You know you are a fortunate cricketer when not one but two separate cricketing outfits desire to pick you in their team. You also know you are something out of the extraordinary when you appear an unlikely star in the Cricket World Cup’s super over contest. Furthermore, you know you have something going for you when you can down and on multiple occasions, a world class batsman like Steve Smith. Ain’t that right? But you also know that cricket can be a very hard game at times that perhaps takes around as much from you as the goods it lavishes on you. And if you resonate with each of the above, then you are Jofra Archer, of England national cricket team.
A bowler on whom one can always count to bowl a yard quicker than most others even when the outstanding athletes around appear tired and waned out, Jofra Archer on the cricket pitch usually means a harrowing experience for the batsmen. Then, even if it’s a Virat Kohli or a Kane Williamson or Marnus Labuschagne, it doesn’t really matter.
But the Jofra Archer that one sees nowadays looks a world adrift from the happier days he’s already embraced in a rather young cricketing career. Dealing with an elbow injury that left him reeling in pain and saw him sit out from the IPL (in entirety, until its cancelation), Jofra Archer isn’t beaming with joy; rather the right-arm fast medium is waiting with bated breath the time he will find himself back on the ground.
Stating his frustration with the painful elbow injury in no uncertain terms, the Barbados-born pacer shared that if he doesn’t get his elbow right and how he wants it, he might even stop playing any further cricket.
Now if this doesn’t sound like a shocker to you, then what could be any more shocking?
He is already ruing the very fact that he might have to sit out of the five Tests that his England side are to play against India later during England’s summer. What the ECB have maintained is that the imminent future will be about Jofra Archer’s complete rehabilitation programme.
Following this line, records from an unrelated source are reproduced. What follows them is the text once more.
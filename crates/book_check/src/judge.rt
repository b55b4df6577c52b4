//! What a book is judged by.
use conditions::Tree;
use core_program::CoreProgram;
use rules::RelevantSets;

/// A program with its relevant sets, the table of a book, and for each method line the number of its tree.
#[derive(Clone, Copy)]
pub struct Judge<'a> {
    pub program: &'a CoreProgram,
    pub sets: &'a RelevantSets,
    pub table: &'a [Tree],
    pub lines: &'a [u32],
}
Here’s what the pacer himself had to say, ” The way I am looking at things is that I would rather miss a few weeks of a year so that I have a few more years in my career.”
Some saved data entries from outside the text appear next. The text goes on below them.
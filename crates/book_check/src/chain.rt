//! Steps whose conclusion is an error wherever one of the paths that it tests isn't held: they are judged where all of these are held.
//! There the values of premises, accesses and calls are basics, so that no tree is made. The chain of a tree is its tests along the
//! held branches. The basic of a value at a chain is what the value is where each path of the chain is held, if that is known.
ghost use Rattle.std.specs.Prelude.{◌≡◌, true, map, IfSome};
ghost use Rattle.std.specs.List.{list_all};
ghost use Rattle.std.specs.Option.{option_copied};
ghost use Rattle.algebra.specs.declared.basic.Basic.TheVariants.{Error};
ghost use Rattle.algebra.specs.Basics.{lift_of};
ghost use Rattle.algebra.specs.HeldPaths.{Held, with_path};
ghost use Rattle.conditions.specs.Conditions.{cond_of, value_of, LeafC};
ghost use Rattle.core_program.specs.Locks.{path_of};
ghost use Rattle.core_program.specs.Views.{expr_of, exprs_from, program_of, stmt_of, stmts_from};
ghost use Rattle.rules.specs.Effect.{access_of, call_of};
ghost use Rattle.rules.specs.Mentions.{paths_of};
ghost use Rattle.rules.specs.Rules.{AtMost};
ghost use Rattle.book_check.specs.Chains.{EndsAt, HoldsAll};
ghost use Rattle.book_check.specs.Judges.{call_name as call_name_of, judge_assignment, judge_program, judge_rel, judge_value, named_set};
ghost use Rattle.effects.specs.Rules.{block_value, expr_rule as expr_rule_of, in_sequence, lock_value, rule_of, stmt_rule as stmt_rule_of};
ghost use Rattle.effects.specs.Bodies.{part_of};

use crate::judge::Judge;
use crate::lookups::{line_number, tree_at};
use crate::names::call_name;
use crate::pairs::all_keep_paths;
use crate::rule_values::paths;
use algebra::Basic;
use conditions::Tree;
use core_program::{CoreExpr, CoreProgram, CoreStmt, path_of};
use effects::{BodyPart, Branching, access_value};
use paths::{FieldId, MethodId, Path};
use rules::required_of;
use std::alloc::Global;

/// Whether a tree is an error at every set.
fn is_error(t: &Tree) -> bool
    ensures { result ≡ true → cond_of t.now ≡ LeafC Error }
{
    matches!(t, Tree::Leaf(Basic::Error))
}

/// The basic at the end of the held branches, where each other branch is an error.
fn last_basic(t: &Tree) -> Option<Basic>
    ensures { IfSome result (λ b. EndsAt b (cond_of t.now)) }
{
    match t {
        Tree::Leaf(basic) => Some(*basic),
        Tree::Test(_, held, free) => {
            if !is_error(free) {
                return None;
            }
            last_basic(held)
        }
    }
}

/// What follows the test of a path along the held branches.
#[tactic(auto, using(crate::proofs::ChainLemmas::first_held, crate::proofs::ChainLemmas::later_held))]
fn behind<'a>(chain: &'a Tree, path: &Path) -> Option<&'a Tree>
    ensures held { IfSome result (λ r. (H : Held) → HoldsAll (cond_of chain.now) H → H path.now ≡ true) }
    ensures rest { IfSome result (λ r. (H : Held) → HoldsAll (cond_of chain.now) H → HoldsAll (cond_of r.now) H) }
{
    match chain {
        Tree::Leaf(_) => None,
        Tree::Test(root, held, _) => {
            if root.same(path) {
                return Some(held);
            }
            behind(held, path)
        }
    }
}

/// The basic of a tree at a chain.
fn basic_at(t: &Tree, chain: &Tree) -> Option<Basic>
    ensures { IfSome result (λ b. (H : Held) → HoldsAll (cond_of chain.now) H → value_of (cond_of t.now) H ≡ b) }
{
    match t {
        Tree::Leaf(basic) => Some(*basic),
        Tree::Test(path, held, _) => {
            let rest = behind(chain, path)?;
            basic_at(held, rest)
        }
    }
}

/// The basic of the tree with this number at a chain.
fn number_at(judge: &Judge<'_>, chain: &Tree, number: u32) -> Option<Basic>
    ensures { IfSome result (λ b. (H : Held) → HoldsAll (cond_of chain.now) H → judge_value judge.now number H ≡ b) }
{
    let tree = tree_at(judge.table, number)?;
    basic_at(tree, chain)
}

/// The basic of the trees with these numbers, one after another, at a chain.
fn sequence_at(judge: &Judge<'_>, chain: &Tree, numbers: &[u32]) -> Option<Basic>
    ensures { IfSome result (λ b. (H : Held) → HoldsAll (cond_of chain.now) H → in_sequence (map (judge_value judge.now) numbers.now) H ≡ b) }
{
    let mut all = Basic::Const;
    let mut rest = numbers;
    'numbers: while let Some((number, others)) = rest.split_first() {
        let next = number_at(judge, chain, *number)?;
        all = all.seq(next);
        rest = others;
    }
    Some(all)
}

/// The basic of reading or writing a field of this receiver at a chain.
fn access_at(
    program: &CoreProgram,
    chain: &Tree,
    receiver: &CoreExpr,
    field: FieldId,
    writes: bool,
) -> Option<Basic>
    ensures { IfSome result (λ b. (H : Held) → HoldsAll (cond_of chain.now) H →
        access_of (program_of program.now) writes field (path_of (program_of program.now) (expr_of receiver.now)) H ≡ b) }
{
    match access_value(program, receiver, field, writes) {
        Branching::Always(basic) => Some(basic),
        Branching::Where(path, held, _) => {
            behind(chain, &path)?;
            Some(held)
        }
    }
}

/// The basic of a callee's tree at a chain of the caller: at the set that the callee begins with.
fn called_at(
    chain: &Tree,
    rel: &[Path],
    receiver: Option<&Path>,
    args: &[Option<Path>],
    t: &Tree,
) -> Option<Basic>
    ensures { IfSome result (λ b. (H : Held) → HoldsAll (cond_of chain.now) H →
        value_of (cond_of t.now) (named_set (call_name_of rel.now (option_copied receiver.entry) args.now) H) ≡ b) }
{
    match t {
        Tree::Leaf(basic) => Some(*basic),
        Tree::Test(path, held, _) => {
            let name = call_name(rel, receiver, args, path)?;
            behind(chain, &name)?;
            called_at(chain, rel, receiver, args, held)
        }
    }
}

/// Whether each of a callee's required paths has a name here that is one of the chain's paths.
fn has_required(
    chain: &Tree,
    rel: &[Path],
    receiver: Option<&Path>,
    args: &[Option<Path>],
    required: &[Path],
) -> bool
    ensures { result ≡ true → (H : Held) → HoldsAll (cond_of chain.now) H →
        list_all (named_set (call_name_of rel.now (option_copied receiver.entry) args.now) H) required.now ≡ true }
{
    let Some((path, rest)) = required.split_first() else {
        return true;
    };
    let Some(name) = call_name(rel, receiver, args, path) else {
        return false;
    };
    if behind(chain, &name).is_none() {
        return false;
    }
    has_required(chain, rel, receiver, args, rest)
}

/// The basic of the last part of a call at a chain, by the paths of its receiver and its arguments.
fn call_by_paths(
    judge: &Judge<'_>,
    chain: &Tree,
    callee: MethodId,
    receiver: Option<&Path>,
    args: &[Option<Path>],
) -> Option<Basic>
    ensures { IfSome result (λ b. (H : Held) → HoldsAll (cond_of chain.now) H →
        call_of (judge_program judge.now) (judge_rel judge.now) (judge_assignment judge.now) callee (option_copied receiver.entry) args.now H ≡ b) }
{
    let rel = judge.sets.rel(callee);
    if !has_required(
        chain,
        rel,
        receiver,
        args,
        required_of(judge.program, callee),
    ) {
        return None;
    }
    let number = line_number(judge.lines, callee)?;
    let tree = tree_at(judge.table, number)?;
    called_at(chain, rel, receiver, args, tree)
}

/// The basic of the last part of a call at a chain.
fn call_at(
    alloc: Global,
    judge: &Judge<'_>,
    chain: &Tree,
    callee: MethodId,
    receiver: &CoreExpr,
    args: &[CoreExpr],
) -> Option<Basic>
    ensures { IfSome result (λ b. (H : Held) → HoldsAll (cond_of chain.now) H →
        call_of (judge_program judge.now) (judge_rel judge.now) (judge_assignment judge.now) callee (path_of (judge_program judge.now) (expr_of receiver.now))
        (paths_of (judge_program judge.now) (exprs_from args.now)) H ≡ b) }
{
    let receiver = path_of(judge.program, receiver);
    let Ok(args) = paths(alloc, judge.program, args) else {
        return None;
    };
    call_by_paths(judge, chain, callee, receiver.as_ref(), args.as_slice())
}

/// The basic of an expression's rule at a chain, where the rule ends in an access or a call.
fn expr_at(
    alloc: Global,
    judge: &Judge<'_>,
    chain: &Tree,
    e: &CoreExpr,
    numbers: &[u32],
) -> Option<Basic>
    ensures { IfSome result (λ b. (H : Held) → HoldsAll (cond_of chain.now) H →
        expr_rule_of (judge_program judge.now) (judge_rel judge.now) (judge_assignment judge.now) (expr_of e.now) (map (judge_value judge.now) numbers.now) H ≡ b) }
{
    match e {
        CoreExpr::Get(receiver, field) => {
            let before = sequence_at(judge, chain, numbers)?;
            let access = access_at(judge.program, chain, receiver, *field, false)?;
            Some(before.seq(access))
        }
        CoreExpr::Call(receiver, callee, args) => {
            let before = sequence_at(judge, chain, numbers)?;
            let call = call_at(alloc, judge, chain, *callee, receiver, args.as_slice())?;
            Some(before.seq(call))
        }
        _ => None,
    }
}

/// The basic of a block at a chain, where its statements keep the paths that are held.
fn block_at(judge: &Judge<'_>, chain: &Tree, body: &[CoreStmt], numbers: &[u32]) -> Option<Basic>
    ensures { IfSome result (λ b. (H : Held) → HoldsAll (cond_of chain.now) H →
        block_value (judge_program judge.now) (stmts_from body.now) (map (judge_value judge.now) numbers.now) H ≡ b) }
{
    if body.len() != numbers.len() {
        return None;
    }
    if !all_keep_paths(body) {
        return None;
    }
    sequence_at(judge, chain, numbers)
}

/// The basic of a tree at a chain to which this path is added.
#[tactic(auto, using(crate::proofs::ChainLemmas::lock_held, crate::proofs::ChainLemmas::under_held))]
fn basic_under(t: &Tree, chain: &Tree, lock: &Path) -> Option<Basic>
    ensures { IfSome result (λ b. (H : Held) → HoldsAll (cond_of chain.now) H → value_of (cond_of t.now) (with_path lock.now H) ≡ b) }
{
    match t {
        Tree::Leaf(basic) => Some(*basic),
        Tree::Test(path, held, _) => {
            if lock.same(path) {
                return basic_under(held, chain, lock);
            }
            let rest = behind(chain, path)?;
            basic_under(held, rest, lock)
        }
    }
}

/// Whether a basic is the same under a lock.
fn is_lifted(basic: Basic) -> bool
    ensures { result ≡ true → lift_of basic ≡ basic }
{
    !matches!(basic, Basic::Const | Basic::Mover)
}

/// The basic of a synchronized part at a chain, where the lock changes nothing.
fn locked_at(judge: &Judge<'_>, chain: &Tree, lock: &Path, numbers: &[u32]) -> Option<Basic>
    ensures { IfSome result (λ b. (H : Held) → HoldsAll (cond_of chain.now) H → lock_value lock.now (map (judge_value judge.now) numbers.now) H ≡ b) }
{
    let (number, _) = numbers.split_first()?;
    let tree = tree_at(judge.table, *number)?;
    let basic = basic_under(tree, chain, lock)?;
    if !is_lifted(basic) {
        return None;
    }
    Some(basic)
}

/// The basic of a statement's rule at a chain, where the rule ends in an access, or is a block's or that of a synchronized part.
fn stmt_at(judge: &Judge<'_>, chain: &Tree, s: &CoreStmt, numbers: &[u32]) -> Option<Basic>
    ensures { IfSome result (λ b. (H : Held) → HoldsAll (cond_of chain.now) H →
        stmt_rule_of (judge_program judge.now) (judge_rel judge.now) (judge_assignment judge.now) (stmt_of s.now) (map (judge_value judge.now) numbers.now) H ≡ b) }
{
    match s {
        CoreStmt::Block(body) => block_at(judge, chain, body.as_slice(), numbers),
        CoreStmt::SetField(receiver, field, _) => {
            let before = sequence_at(judge, chain, numbers)?;
            let access = access_at(judge.program, chain, receiver, *field, true)?;
            Some(before.seq(access))
        }
        CoreStmt::Sync(lock, _) => locked_at(judge, chain, lock, numbers),
        _ => None,
    }
}

/// The basic of a part's rule at a chain.
fn part_at(
    alloc: Global,
    judge: &Judge<'_>,
    chain: &Tree,
    part: BodyPart<'_>,
    numbers: &[u32],
) -> Option<Basic>
    ensures { IfSome result (λ b. (H : Held) → HoldsAll (cond_of chain.now) H →
        rule_of (judge_program judge.now) (judge_rel judge.now) (judge_assignment judge.now) (part_of part.entry) (map (judge_value judge.now) numbers.now) H ≡ b) }
{
    match part {
        BodyPart::Expr(e) => expr_at(alloc, judge, chain, e, numbers),
        BodyPart::Stmt(s) => stmt_at(judge, chain, s, numbers),
    }
}

/// Whether a conclusion is at or above the value of a part's rule, judged where each path that it tests is held. `false` says nothing.
pub(crate) fn is_step_at_end(
    alloc: Global,
    judge: &Judge<'_>,
    part: BodyPart<'_>,
    numbers: &[u32],
    d: &Tree,
) -> bool
    ensures { result ≡ true → (H : Held) →
        AtMost (rule_of (judge_program judge.now) (judge_rel judge.now) (judge_assignment judge.now) (part_of part.entry) (map (judge_value judge.now) numbers.now) H) (value_of (cond_of d.now) H) }
{
    let Some(last) = last_basic(d) else {
        return false;
    };
    let Some(value) = part_at(alloc, judge, d, part, numbers) else {
        return false;
    };
    value.below(last)
}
Moreover, mentioning his desire of playing in the forthcoming T20 world cup as well as participating in the famous Ashes series, Archer would further add, “One thing I am determined about post-elbow operation is not to rush my comeback,” Archer wrote in his column in the Daily Mail, “because my primary focus is to be playing for England in the Twenty20 World Cup and Ashes later this year.”Those are my targets. If I come back before then and manage to play in the home Test series against India — then fine, so be it. If I don’t, I am quite prepared to sit out the summer.”
All of the above said, what might befuddle the die-hard Jofra Archer fans is the inevitability of asking as to when might he return to the centre of the action? Though, of that, very little can be said in any certain terms.